Who stepped on the paint? The lobby? Who crossed? The lobby? Crossed what? Did the lobby, in an access of religious fervour, cross itself?
2 The thing is, I don’t think this really is an example of a hanging participle at all. Sayers purports to be confused first about the subject of to step, which is an infinitive, not a participle, and then about the subject of crossing, which is a participle, but not a hanging one. The participial clause when crossing it is correctly attached to the clause it modifies, namely not to step on the paint, and the two clauses are naturally interpreted as having the same subject. Who that subject may be is perhaps less obvious, but it is clearly intended to be the arbitrary or generic null subject (called
PROarb in some modern theoretical syntactic frameworks), which is more or less equivalent to the generic pronoun one, as in Sayers's proposed rewording: “the lobby, being small, had been painted all over, so that one could not cross it without stepping on the paint.” I grant that the original sentence is an ungainly one, but it is not well chosen as an illustration of “that vile fellow the hanging participle.”
I have a better example for you. This is from page 115 of a mystery novel called The Five Red Herrings, by one of my favourite authors:
Being, however, of the female sex, the prohibition immediately aroused in her a strong spirit of inquiry [...].
Who was of the female sex? The prohibition?
To be entirely fair, the sentence quoted above is not directly attributable to the author herself, or even to her eloquent omniscient narrator; it is part of a speech made by Mervyn Bunter to his employer, Lord Peter Wimsey.
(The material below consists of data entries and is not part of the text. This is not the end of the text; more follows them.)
//! Choices, associations, and what stands in the brackets of an aggregate (4.3.3).

ghost use Rattle.syntax_expressions.specs.Reading.{Reads, ReadsForm, many_inside, inside_form, AnyForm};
ghost use Rattle.syntax_tree.specs.Syntax as syntax;
ghost use Rattle.syntax_grammar.specs.Brackets as brackets;
ghost use Rattle.syntax_grammar.specs.Levels as level;
ghost use Rattle.syntax_readers.specs.Readers.{Found};
ghost use Rattle.std.specs.Prelude.{◌≡◌, length};
ghost use Rattle.syntax_nodes.specs.Parts.{the_simple, the_expr, the_exprs, the_choice, the_assoc, the_many, open_exprs, IsPart, IsSimple};
ghost use Rattle.syntax_nodes.specs.Rooted.{top, pop, second, third};
ghost use Rattle.syntax_nodes.specs.Stack.{parts};

use crate::chains::{Chain, list};
use crate::expressions::{expr, expr_from, rel_from, simple, upper_bound};
use crate::parser::Parser;
use crate::ranges::{arrow_value, range};
use ada_base::kinds::{ARROW, BAR, COMMA, DOTS, FOR, IDENTIFIER, IN, OTHERS};
use syntax_nodes::{
    Four, Leaf, ListKind, Three, Two, also, close, four, leaf, nothing, three, two,
};
use syntax_readers::Failure;

/// `others` as a choice (3.8.1).
#[tactic(auto, unfolding(syntax_grammar::specs::Brackets::others_choice))]
pub fn others_choice(parser: &mut Parser<'_>) -> Result<(), Failure>
    ensures { Reads the_choice IsPart (parts parser.old.out) (brackets.others_choice parser.old.tokens) result parser.new.tokens (parts parser.new.out) }
{
    let at = parser.tokens.take(OTHERS)?;
    leaf(&mut parser.out, Leaf::Others(at))
}

/// A choice, after its first sum.
#[cycle(levels)]
#[tactic(auto, unfolding(syntax_grammar::specs::Brackets::choice_from))]
pub fn choice_from(parser: &mut Parser<'_>, levels: u32) -> Result<(), Failure>
    requires { IsSimple (top (parts parser.old.out)) }
    ensures { Reads the_choice IsPart (pop (parts parser.old.out)) (brackets.choice_from (level.levels levels) (the_simple (top (parts parser.old.out))) parser.old.tokens) result parser.new.tokens (parts parser.new.out) }
{
    if parser.tokens.peek() == DOTS {
        upper_bound(parser, levels)?;
        two(&mut parser.out, Two::Span)
    } else {
        Ok(())
    }
}

/// A choice (3.8.1).
#[cycle(levels)]
#[tactic(auto, unfolding(syntax_grammar::specs::Brackets::choice))]
pub fn choice(parser: &mut Parser<'_>, levels: u32) -> Result<(), Failure>
    ensures { Reads the_choice IsPart (parts parser.old.out) (brackets.choice (level.levels levels) parser.old.tokens) result parser.new.tokens (parts parser.new.out) }
{
    if parser.tokens.peek() == OTHERS {
        others_choice(parser)
    } else {
        simple(parser, levels)?;
        choice_from(parser, levels)
    }
}

/// A bar and a choice.
#[cycle(levels)]
#[tactic(auto, unfolding(syntax_grammar::specs::Brackets::next_choice))]
pub fn next_choice(parser: &mut Parser<'_>, levels: u32) -> Result<(), Failure>
    ensures { Reads the_choice IsPart (parts parser.old.out) (brackets.next_choice (level.levels levels) parser.old.tokens) result parser.new.tokens (parts parser.new.out) }
{
    parser.tokens.take(BAR)?;
    choice(parser, levels)
}

/// An association, after its first choice (4.3.3).
#[cycle(levels)]
#[tactic(auto, unfolding(syntax_grammar::specs::Brackets::chosen))]
pub fn chosen(parser: &mut Parser<'_>, levels: u32) -> Result<(), Failure>
    ensures { Reads the_assoc IsPart (pop (parts parser.old.out)) (brackets.chosen (level.levels levels) (the_choice (top (parts parser.old.out))) parser.old.tokens) result parser.new.tokens (parts parser.new.out) }
{
    list(parser, levels, Chain::Choices)?;
    arrow_value(parser, levels)?;
    three(&mut parser.out, Three::Chosen)
}

/// An iterated association (4.3.3).
#[cycle(levels)]
#[tactic(auto, unfolding(syntax_grammar::specs::Brackets::each))]
pub fn each(parser: &mut Parser<'_>, levels: u32) -> Result<(), Failure>
    ensures { Reads the_assoc IsPart (parts parser.old.out) (brackets.each (level.levels levels) parser.old.tokens) result parser.new.tokens (parts parser.new.out) }
{
    let at = parser.tokens.take(FOR)?;
    let index = parser.tokens.take(IDENTIFIER)?;
    parser.tokens.take(IN)?;
    range(parser, levels)?;
    arrow_value(parser, levels)?;
    two(&mut parser.out, Two::Each(at, index))
}

/// An association (4.3.3).
#[cycle(levels)]
#[tactic(auto, unfolding(syntax_grammar::specs::Brackets::assoc))]
pub fn assoc(parser: &mut Parser<'_>, levels: u32) -> Result<(), Failure>
    ensures { Reads the_assoc IsPart (parts parser.old.out) (brackets.assoc (level.levels levels) parser.old.tokens) result parser.new.tokens (parts parser.new.out) }
{
    if parser.tokens.peek() == FOR {
        each(parser, levels)
    } else {
        choice(parser, levels)?;
        chosen(parser, levels)
    }
}

/// A comma and an association.
#[cycle(levels)]
#[tactic(auto, unfolding(syntax_grammar::specs::Brackets::next_assoc))]
pub fn next_assoc(parser: &mut Parser<'_>, levels: u32) -> Result<(), Failure>
    ensures { Reads the_assoc IsPart (parts parser.old.out) (brackets.next_assoc (level.levels levels) parser.old.tokens) result parser.new.tokens (parts parser.new.out) }
{
    parser.tokens.take(COMMA)?;
    assoc(parser, levels)
}

/// Associations, after the first.
#[cycle(levels)]
#[tactic(auto, unfolding(syntax_grammar::specs::Brackets::assocs_from))]
pub fn assocs_from(parser: &mut Parser<'_>, levels: u32) -> Result<(), Failure>
    ensures { Reads the_many IsPart (pop (parts parser.old.out)) (brackets.assocs_from (level.levels levels) (the_assoc (top (parts parser.old.out))) parser.old.tokens) result parser.new.tokens (parts parser.new.out) }
{
    list(parser, levels, Chain::Assocs)?;
    two(&mut parser.out, Two::Associations)
}

/// The value of the others, after one expression (4.3.3).
#[cycle(levels)]
#[tactic(auto, unfolding(syntax_grammar::specs::Brackets::first_others))]
pub fn first_others(parser: &mut Parser<'_>, levels: u32) -> Result<(), Failure>
    ensures { Reads the_many IsPart (pop (parts parser.old.out)) (brackets.first_others (level.levels levels) (the_expr (top (parts parser.old.out))) parser.old.tokens) result parser.new.tokens (parts parser.new.out) }
{
    let at = parser.tokens.take(OTHERS)?;
    arrow_value(parser, levels)?;
    two(&mut parser.out, Two::FirstOthers(at))
}

/// The value of the others, after two expressions and a list of more.
#[cycle(levels)]
#[tactic(auto, unfolding(syntax_grammar::specs::Brackets::position_others))]
pub fn position_others(parser: &mut Parser<'_>, levels: u32) -> Result<(), Failure>
    ensures { Reads the_many IsPart (pop (pop (pop (parts parser.old.out)))) (brackets.position_others (level.levels levels) (the_expr (third (parts parser.old.out))) (the_expr (second (parts parser.old.out))) (the_exprs (top (parts parser.old.out))) parser.old.tokens) result parser.new.tokens (parts parser.new.out) }
{
    let at = parser.tokens.take(OTHERS)?;
    arrow_value(parser, levels)?;
    four(&mut parser.out, Four::PositionsOthers(at))
}

/// The expressions of an aggregate, after the first two and a list that grows.
#[cycle(levels)]
pub fn positions(parser: &mut Parser<'_>, levels: u32) -> Result<(), Failure>
    ensures { Reads the_many IsPart (pop (pop (pop (parts parser.old.out)))) (brackets.positions_for (level.levels levels) (length parser.old.tokens) (the_expr (third (parts parser.old.out))) (the_expr (second (parts parser.old.out))) (open_exprs (top (parts parser.old.out))) parser.old.tokens) result parser.new.tokens (parts parser.new.out) }
{
    for _turn in 0..parser.tokens.left() {
        if parser.tokens.peek() != COMMA {
            return positions_end(parser);
        }
        parser.tokens.take(COMMA)?;
        if parser.tokens.peek() == OTHERS {
            close(&mut parser.out, ListKind::Exprs)?;
            return position_others(parser, levels);
        }
        expr(parser, levels)?;
        also(&mut parser.out, ListKind::Exprs)?;
    }
    positions_end(parser)
}

/// The parts of an aggregate, after its first expression.
#[cycle(levels)]
#[tactic(auto, unfolding(syntax_grammar::specs::Brackets::positions_from, syntax_grammar::specs::Brackets::positions))]
pub fn positions_from(parser: &mut Parser<'_>, levels: u32) -> Result<(), Failure>
    ensures { Reads the_many IsPart (pop (parts parser.old.out)) (brackets.positions_from (level.levels levels) (the_expr (top (parts parser.old.out))) parser.old.tokens) result parser.new.tokens (parts parser.new.out) }
{
    parser.tokens.take(COMMA)?;
    if parser.tokens.peek() == OTHERS {
        return first_others(parser, levels);
    }
    expr(parser, levels)?;
    nothing(&mut parser.out)?;
    positions(parser, levels)
}

/// What stands in brackets, after its first choice.
#[cycle(levels)]
#[tactic(auto, unfolding(syntax_grammar::specs::Brackets::inside_choice))]
pub fn inside_choice(parser: &mut Parser<'_>, levels: u32) -> Result<(), Failure>
    ensures { Reads many_inside IsPart (pop (parts parser.old.out)) (brackets.inside_choice (level.levels levels) (the_choice (top (parts parser.old.out))) parser.old.tokens) result parser.new.tokens (parts parser.new.out) }
{
    chosen(parser, levels)?;
    assocs_from(parser, levels)
}

/// What stands in brackets, after its first expression: whether that is all.
#[cycle(levels)]
#[tactic(auto, unfolding(syntax_grammar::specs::Brackets::inside_expr))]
pub fn inside_expr(parser: &mut Parser<'_>, levels: u32) -> Result<bool, Failure>
    ensures { ReadsForm inside_form AnyForm (pop (parts parser.old.out)) (brackets.inside_expr (level.levels levels) (the_expr (top (parts parser.old.out))) parser.old.tokens) result parser.new.tokens (parts parser.new.out) }
{
    if parser.tokens.peek() != COMMA {
        return Ok(true);
    }
    positions_from(parser, levels)?;
    Ok(false)
}

/// What stands in brackets, after its first sum: whether it is an expression alone.
#[cycle(levels)]
#[tactic(auto, unfolding(syntax_grammar::specs::Brackets::inside_simple))]
pub fn inside_simple(parser: &mut Parser<'_>, levels: u32) -> Result<bool, Failure>
    requires { IsSimple (top (parts parser.old.out)) }
    ensures { ReadsForm inside_form AnyForm (pop (parts parser.old.out)) (brackets.inside_simple (level.levels levels) (the_simple (top (parts parser.old.out))) parser.old.tokens) result parser.new.tokens (parts parser.new.out) }
{
    match parser.tokens.peek() {
        DOTS | BAR | ARROW => {
            choice_from(parser, levels)?;
            inside_choice(parser, levels)?;
            Ok(false)
        }
        _ => {
            rel_from(parser, levels)?;
            expr_from(parser, levels)?;
            inside_expr(parser, levels)
        }
    }
}

/// What stands in brackets and begins with neither `if` nor `for`: whether it is an expression alone.
#[cycle(levels)]
#[tactic(auto, unfolding(syntax_grammar::specs::Brackets::inside))]
pub fn inside(parser: &mut Parser<'_>, levels: u32) -> Result<bool, Failure>
    ensures { ReadsForm inside_form AnyForm (parts parser.old.out) (brackets.inside (level.levels levels) parser.old.tokens) result parser.new.tokens (parts parser.new.out) }
{
    if parser.tokens.peek() == OTHERS {
        others_choice(parser)?;
        inside_choice(parser, levels)?;
        return Ok(false);
    }
    simple(parser, levels)?;
    inside_simple(parser, levels)
}

/// Associations, of which the first is iterated.
#[cycle(levels)]
#[tactic(auto, unfolding(syntax_grammar::specs::Brackets::each_and_more))]
pub fn each_and_more(parser: &mut Parser<'_>, levels: u32) -> Result<(), Failure>
    ensures { Reads many_inside IsPart (parts parser.old.out) (brackets.each_and_more (level.levels levels) parser.old.tokens) result parser.new.tokens (parts parser.new.out) }
{
    each(parser, levels)?;
    assocs_from(parser, levels)
}

/// Joins expressions after the first two, where no more follow.
pub fn positions_end(parser: &mut Parser<'_>) -> Result<(), Failure>
    ensures { Reads the_many IsPart (pop (pop (pop (parts parser.old.out)))) (Found (syntax.Positions (the_expr (third (parts parser.old.out))) (the_expr (second (parts parser.old.out))) (open_exprs (top (parts parser.old.out)))), parser.old.tokens) result parser.new.tokens (parts parser.new.out) }
{
    close(&mut parser.out, ListKind::Exprs)?;
    three(&mut parser.out, Three::Positions)
}
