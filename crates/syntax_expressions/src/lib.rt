//! The parser of names and expressions (4.1, 4.4), and of what stands in brackets.
//!
//! Each function reads one rule of the grammar: it takes tokens from [`Parser::tokens`], and what it read is then the
//! latest part of [`Parser::out`]. A function that reads on from a part takes the latest one. Its contract says that it
//! gives what the reader of its name in `syntax_grammar` gives, and stops where that stops. So many `levels` may still
//! open; the functions that open one take one less.
#![tactic(auto)]

mod aggregates;
mod brackets;
mod chains;
mod expressions;
mod iterations;
mod levels;
mod operators;
mod parser;
mod ranges;
mod squares;

pub use aggregates::{choice, next_choice};
pub use expressions::{expr, name, simple};
pub use iterations::{filter, iter, parallel};
pub use levels::{below, chunk, opens};
pub use parser::Parser;
pub use ranges::{constraint, range};
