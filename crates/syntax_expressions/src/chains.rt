//! The lists that a repetition of the grammar reads, in one loop.

ghost use Rattle.ada_base.specs.Symbols.{is_member};
ghost use Rattle.syntax_expressions.specs.Chains as chains;
ghost use Rattle.syntax_expressions.specs.Reading.{Reads};
ghost use Rattle.syntax_grammar.specs.Levels as level;
ghost use Rattle.syntax_readers.specs.Loops.{chain as loop};
ghost use Rattle.std.specs.Prelude.{◌≡◌};
ghost use Rattle.syntax_nodes.specs.Parts.{the_conjunct, IsPart};
ghost use Rattle.syntax_nodes.specs.Rooted.{top, pop};
ghost use Rattle.syntax_nodes.specs.Stack.{parts};

use crate::aggregates::{next_assoc, next_choice};
use crate::brackets::next_elsif;
use crate::expressions::{added, conjunct, multiplied, part, short_conjunct};
use crate::parser::Parser;
use crate::ranges::next_arg;
use ada_base::kinds::{
    AMPERSAND, AND, BAR, COMMA, ELSE, ELSIF, MINUS, MOD, OPEN_ROUND, OR, PLUS, POINT, REM, SLASH,
    STAR, THEN, TICK, XOR,
};
use syntax_nodes::{ListKind, also, close, nothing};
use syntax_readers::Failure;
use syntax_tree::Logical;

/// What a list is of.
#[derive(Clone, Copy)]
pub enum Chain {
    /// What follows in a name.
    NameParts,
    /// Multiplying operators with their factors.
    Multiplyings,
    /// Adding operators with their terms.
    Addings,
    /// A logical operator with its relations.
    Conjuncts(Logical),
    /// Arguments.
    Args,
    /// Choices.
    Choices,
    /// Associations.
    Assocs,
    /// The `elsif` parts of a conditional expression.
    Elsifs,
}

/// Which list a chain grows.
fn list_kind(chain: Chain) -> ListKind
    ensures { result ≡ chains.kind_of chain }
{
    match chain {
        Chain::NameParts => ListKind::NameParts,
        Chain::Multiplyings => ListKind::Multiplyings,
        Chain::Addings => ListKind::Addings,
        Chain::Conjuncts(_) => ListKind::Conjuncts,
        Chain::Args => ListKind::Args,
        Chain::Choices => ListKind::Choices,
        Chain::Assocs => ListKind::Assocs,
        Chain::Elsifs => ListKind::Elsifs,
    }
}

/// Whether a chain goes on at a token of this kind.
fn goes(chain: Chain, kind: u16) -> bool
    ensures { result ≡ is_member (chains.goes chain) kind }
{
    match chain {
        Chain::NameParts => matches!(kind, POINT | TICK | OPEN_ROUND),
        Chain::Multiplyings => matches!(kind, STAR | SLASH | MOD | REM),
        Chain::Addings => matches!(kind, PLUS | MINUS | AMPERSAND),
        Chain::Conjuncts(Logical::And | Logical::AndThen) => kind == AND,
        Chain::Conjuncts(Logical::Or | Logical::OrElse) => kind == OR,
        Chain::Conjuncts(Logical::Xor) => kind == XOR,
        Chain::Args | Chain::Assocs => kind == COMMA,
        Chain::Choices => kind == BAR,
        Chain::Elsifs => kind == ELSIF,
    }
}

/// The next relation of a chain, with its operator.
#[cycle(levels)]
fn joined_item(parser: &mut Parser<'_>, levels: u32, operator: Logical) -> Result<(), Failure>
    ensures { Reads the_conjunct IsPart (parts parser.old.out) (chains.conjunct (level.levels levels) operator parser.old.tokens) result parser.new.tokens (parts parser.new.out) }
{
    match operator {
        Logical::And => conjunct(parser, levels, AND),
        Logical::AndThen => short_conjunct(parser, levels, AND, THEN),
        Logical::Or => conjunct(parser, levels, OR),
        Logical::OrElse => short_conjunct(parser, levels, OR, ELSE),
        Logical::Xor => conjunct(parser, levels, XOR),
    }
}

/// The next item of a chain.
#[cycle(levels)]
fn item(parser: &mut Parser<'_>, levels: u32, chain: Chain) -> Result<(), Failure>
    ensures { Reads (chains.the_item chain) IsPart (parts parser.old.out) (chains.item (level.levels levels) chain parser.old.tokens) result parser.new.tokens (parts parser.new.out) }
{
    match chain {
        Chain::NameParts => part(parser, levels),
        Chain::Multiplyings => multiplied(parser, levels),
        Chain::Addings => added(parser, levels),
        Chain::Conjuncts(operator) => joined_item(parser, levels, operator),
        Chain::Args => next_arg(parser, levels),
        Chain::Choices => next_choice(parser, levels),
        Chain::Assocs => next_assoc(parser, levels),
        Chain::Elsifs => next_elsif(parser, levels),
    }
}

/// The next item of a chain, behind those before it.
#[cycle(levels)]
fn link(parser: &mut Parser<'_>, levels: u32, chain: Chain) -> Result<(), Failure>
    ensures { Reads (chains.so_far chain) IsPart (pop (parts parser.old.out)) (chains.link (level.levels levels) chain (chains.so_far chain (top (parts parser.old.out))) parser.old.tokens) result parser.new.tokens (parts parser.new.out) }
{
    item(parser, levels, chain)?;
    also(&mut parser.out, list_kind(chain))
}

/// All further items of a chain.
#[cycle(levels)]
fn follow(parser: &mut Parser<'_>, levels: u32, chain: Chain) -> Result<(), Failure>
    ensures { Reads (chains.so_far chain) IsPart (pop (parts parser.old.out)) (loop (chains.goes chain) (chains.link (level.levels levels) chain) (chains.so_far chain (top (parts parser.old.out))) parser.old.tokens) result parser.new.tokens (parts parser.new.out) }
{
    for _turn in 0..parser.tokens.left() {
        if !goes(chain, parser.tokens.peek()) {
            return Ok(());
        }
        link(parser, levels, chain)?;
    }
    Ok(())
}

/// The list of the items of a chain.
#[cycle(levels)]
pub fn list(parser: &mut Parser<'_>, levels: u32, chain: Chain) -> Result<(), Failure>
    ensures { Reads (chains.the chain) IsPart (parts parser.old.out) (chains.items (level.levels levels) chain parser.old.tokens) result parser.new.tokens (parts parser.new.out) }
{
    nothing(&mut parser.out)?;
    follow(parser, levels, chain)?;
    close(&mut parser.out, list_kind(chain))
}
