//! Operators, and their tokens.

ghost use Rattle.syntax_readers.specs.Computes.{Computes};
ghost use Rattle.syntax_grammar.specs.Brackets as brackets;
ghost use Rattle.syntax_grammar.specs.Expressions as reader;

use ada_base::Comparison;
use ada_base::kinds::{
    AMPERSAND, AT_LEAST, AT_MOST, EQUAL, GREATER, LESS, MINUS, MOD, PLUS, REM, REVERSE, SLASH,
    STAR, UNEQUAL,
};
use syntax_readers::{Cursor, Failure};
use syntax_tree::{Additive, Multiplicative, Sign};

/// A multiplying operator, and its token (4.5.5).
#[tactic(auto, unfolding(syntax_grammar::specs::Expressions::multiplying_operator))]
pub fn multiplying_operator(tokens: &mut Cursor<'_>) -> Result<(Multiplicative, u32), Failure>
    ensures { Computes (reader.multiplying_operator tokens.old) result tokens.new }
{
    match tokens.peek() {
        STAR => Ok((Multiplicative::Times, tokens.take(STAR)?)),
        SLASH => Ok((Multiplicative::Over, tokens.take(SLASH)?)),
        MOD => Ok((Multiplicative::Mod, tokens.take(MOD)?)),
        _ => Ok((Multiplicative::Rem, tokens.take(REM)?)),
    }
}

/// A binary adding operator, and its token (4.5.3).
#[tactic(auto, unfolding(syntax_grammar::specs::Expressions::adding_operator))]
pub fn adding_operator(tokens: &mut Cursor<'_>) -> Result<(Additive, u32), Failure>
    ensures { Computes (reader.adding_operator tokens.old) result tokens.new }
{
    match tokens.peek() {
        PLUS => Ok((Additive::Plus, tokens.take(PLUS)?)),
        MINUS => Ok((Additive::Minus, tokens.take(MINUS)?)),
        _ => Ok((Additive::Joined, tokens.take(AMPERSAND)?)),
    }
}

/// The sign before a sum, with its token (4.5.4).
#[tactic(auto, unfolding(syntax_grammar::specs::Expressions::sign))]
pub fn sign(tokens: &mut Cursor<'_>) -> Result<Sign, Failure>
    ensures { Computes (reader.sign tokens.old) result tokens.new }
{
    if tokens.peek() == PLUS {
        Ok(Sign::Plus(tokens.take(PLUS)?))
    } else {
        Ok(Sign::Minus(tokens.take(MINUS)?))
    }
}

/// A relational operator, and its token (4.5.2).
#[tactic(auto, unfolding(syntax_grammar::specs::Expressions::comparison))]
pub fn comparison(tokens: &mut Cursor<'_>) -> Result<(Comparison, u32), Failure>
    ensures { Computes (reader.comparison tokens.old) result tokens.new }
{
    match tokens.peek() {
        EQUAL => Ok((Comparison::Equal, tokens.take(EQUAL)?)),
        UNEQUAL => Ok((Comparison::Unequal, tokens.take(UNEQUAL)?)),
        LESS => Ok((Comparison::Less, tokens.take(LESS)?)),
        AT_MOST => Ok((Comparison::AtMost, tokens.take(AT_MOST)?)),
        GREATER => Ok((Comparison::Greater, tokens.take(GREATER)?)),
        _ => Ok((Comparison::AtLeast, tokens.take(AT_LEAST)?)),
    }
}

/// The token of `reverse`, if it is there (5.5).
#[tactic(auto, unfolding(syntax_grammar::specs::Brackets::reversed))]
pub fn reversed(tokens: &mut Cursor<'_>) -> Result<Option<u32>, Failure>
    ensures { Computes (brackets.reversed tokens.old) result tokens.new }
{
    if tokens.peek() == REVERSE {
        Ok(Some(tokens.take(REVERSE)?))
    } else {
        Ok(None)
    }
}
Sayers certainly did, on occasion, deliberately put malapropisms into the mouths of her characters (especially if they were meant to be Scottish, Irish, or American), but Bunter is always the epitome of the gentleman’s gentleman, and I doubt that she would play such a trick on him. Furthermore, I cannot believe that if Sayers had intentionally made Bunter hang this participle, she would have allowed it to pass unremarked by both Lord Peter and the narrator.
Finally, as long as we are taking pot-shots at the nodding Homer, I may as well show you this charming example of
overnegation, from page 115 of Have His Carcase:
3
No theory is too silly to be dismissed without investigation.
Words to live by!
1. Does this turn of phrase remind you of
anyone?
2. In case you were wondering, the word access here is not an error (on Sayers's part or mine) for excess; rather, Sayers used it in the sense given by the OED as “11. An outburst; a sudden fit of anger or other passion. (Modern, after Fr. accès.)”
3. Sayers evidently had particular trouble with hundred-and-fifteenth pages.